Scan the entries that follow and copy out every line containing "Stop".

■ ■ ■ ■ ■ ■ ■

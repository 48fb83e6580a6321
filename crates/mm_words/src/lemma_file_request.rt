//! What the words of `mm lemmas --all` ask for: which lemmas in which file, and how they are labelled.

ghost use Rattle.std.specs.Prelude.{◌≡◌, ◌||◌, map, IfOk, IfErr, IsTrue, codes, option_map};
ghost use Rattle.std.specs.Prelude.{◌↔◌, unwrap_or};
ghost use Rattle.std.specs.List.{list_all};
ghost use Rattle.mm_base.specs.Token.{is_label, is_label_byte, is_printable, is_space};
ghost use Rattle.mm_text.specs.Remarks.{holds};
ghost use Rattle.mm_words.specs.Words.{IsLemmaWish, IsPrefix, IsRemark, MayBeSaid, NamesLemmaFile};
ghost use Rattle.mm_words.specs.RefusedWords.{IsFaultFor, IsNoLemmaWish, NamesNoLemmaFile};

use crate::command_line::LEMMAS_USE;
use crate::matches::named_file;
use crate::numbers::{decimal_count, numbers_said};
use crate::request::AskedLemmas;
use crate::stop::Stop;
use mm_verdict::is_space;
use std::alloc::Global;

/// With what labels of lemmas begin, where nothing is said.
const LEMMA_PREFIX: &str = "lem";

/// How many bytes they may begin with at most.
const MOST_PREFIX: usize = 100;

/// Whether each byte may stand in a label.
fn are_label_bytes(text: &[u8]) -> bool
    ensures { result ≡ list_all is_label_byte text.now }
{
    text.iter().all(
        |byte| matches!(*byte, b'A'..=b'Z' | b'a'..=b'z' | b'0'..=b'9' | b'-' | b'_' | b'.'),
    )
}

/// Whether a text may be a label.
fn is_label(text: &[u8]) -> bool
    ensures { result ≡ is_label text.now }
{
    !text.is_empty() && are_label_bytes(text)
}

/// Whether labels of lemmas may begin with a text.
fn is_prefix(text: &[u8]) -> bool
    ensures { IsTrue result ↔ IsPrefix text.now }
{
    text.len() <= MOST_PREFIX && is_label(text)
}

/// With what labels of lemmas begin: with the word that is given, if one is.
fn prefix_of<'a>(alloc: Global, given: Option<&'a str>) -> Result<&'a str, Stop<'a>>
    ensures same { IfOk result (λ prefix.
        unwrap_or (option_map (λ word. word.now) given.entry) (codes "lem") ≡ prefix.now) }
    ensures fit { IfOk result (λ prefix. IsPrefix prefix.now) }
    ensures fault { IfErr result (IsFaultFor
        (¬ (IsPrefix (unwrap_or (option_map (λ word. word.now) given.entry) (codes "lem"))))) }
{
    let prefix = given.unwrap_or(LEMMA_PREFIX);
    if is_prefix(prefix.as_bytes()) {
        return Ok(prefix);
    }
    Err(Stop::Usage(format!(in alloc;
        "mm: --prefix takes 1 to {MOST_PREFIX} letters, digits, -, _ and .\nUsage: {LEMMAS_USE}\n"
    )?))
}

/// Whether a byte may stand in a file of a database: whether it is printable ASCII or white space.
fn is_legal(byte: u8) -> bool
    ensures { result ≡ (is_printable byte || is_space byte) }
{
    matches!(byte, 0x21..=0x7e) || is_space(byte)
}

/// Whether each byte may stand there.
fn are_legal(text: &[u8]) -> bool
    ensures { result ≡ list_all (λ b. is_printable b || is_space b) text.now }
{
    text.iter().all(|byte| is_legal(*byte))
}

/// Whether a text holds a word.
fn holds(text: &[u8], word: &[u8]) -> bool
    ensures { result ≡ holds word.now text.now }
{
    for at in 0..text.len() {
        if text[at..].starts_with(word) {
            return true;
        }
    }
    word.is_empty()
}

/// Whether a comment may say a text.
fn is_remark(text: &[u8]) -> bool
    ensures { IsTrue result ↔ IsRemark text.now }
{
    are_legal(text) && !holds(text, b"$(".as_slice()) && !holds(text, b"$)".as_slice())
}

/// Whether comments may say what they are to say, if anything is given.
fn may_be_said(given: Option<&str>) -> bool
    ensures { IsTrue result ↔ MayBeSaid (option_map (λ text. text.now) given.entry) }
{
    match given {
        Some(text) => is_remark(text.as_bytes()),
        None => true,
    }
}

/// The numbers of lines that the first words say, the number of the file that is named behind them,
/// and the names of all files.
fn lines_and_file<'a>(
    alloc: Global,
    words: &[&'a str],
) -> Result<(Vec<usize>, usize, Vec<&'a str>), Stop<'a>>
    ensures named { IfOk result (λ named. NamesLemmaFile (map (λ word. word.now) words.now)
        named.0.items named.1 (map (λ name. name.now) named.2.items)) }
    ensures fault { IfErr result (IsFaultFor
        (NamesNoLemmaFile (map (λ word. word.now) words.now))) }
{
    let (decimals, others) = words.split_at(decimal_count(words));
    let (file, names) = named_file(alloc, others, LEMMAS_USE)?;
    let lines = numbers_said(alloc, decimals)?;
    Ok((lines, file, names))
}

/// What the words behind the command `lemmas` ask for by `--all`, with the words behind `--prefix`
/// and `--comment` and with these limits.
pub(crate) fn lemma_file<'a>(
    alloc: Global,
    words: &[&'a str],
    prefix: Option<&'a str>,
    comment: Option<&'a str>,
    most: usize,
    least: usize,
) -> Result<AskedLemmas<'a>, Stop<'a>>
    ensures wish { IfOk result (IsLemmaWish (map (λ word. word.now) words.now)
        (option_map (λ word. word.now) prefix.entry)
        (option_map (λ word. word.now) comment.entry)) }
    ensures limits { IfOk result (λ asked. (asked.most ≡ most) × (asked.least ≡ least)) }
    ensures fault { IfErr result (IsFaultFor (IsNoLemmaWish (map (λ word. word.now) words.now)
        (option_map (λ word. word.now) prefix.entry)
        (option_map (λ word. word.now) comment.entry))) }
{
    let prefix = prefix_of(alloc, prefix)?;
    if !may_be_said(comment) {
        return Err(Stop::Usage(format!(in alloc;
            "mm: --comment takes printable ASCII and white space, without $( and $)
Usage: {LEMMAS_USE}
"
        )?));
    }
    let (chosen, file, names) = lines_and_file(alloc, words)?;
    Ok(AskedLemmas {
        file,
        most,
        least,
        chosen,
        prefix,
        comment,
        names,
    })
}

■ ■ ■ ■ ■ ■ ■

OUTPUT FOR THIS EXERCISE =>
use crate::stop::Stop;
fn prefix_of<'a>(alloc: Global, given: Option<&'a str>) -> Result<&'a str, Stop<'a>>
    Err(Stop::Usage(format!(in alloc;
) -> Result<(Vec<usize>, usize, Vec<&'a str>), Stop<'a>>
) -> Result<AskedLemmas<'a>, Stop<'a>>
        return Err(Stop::Usage(format!(in alloc;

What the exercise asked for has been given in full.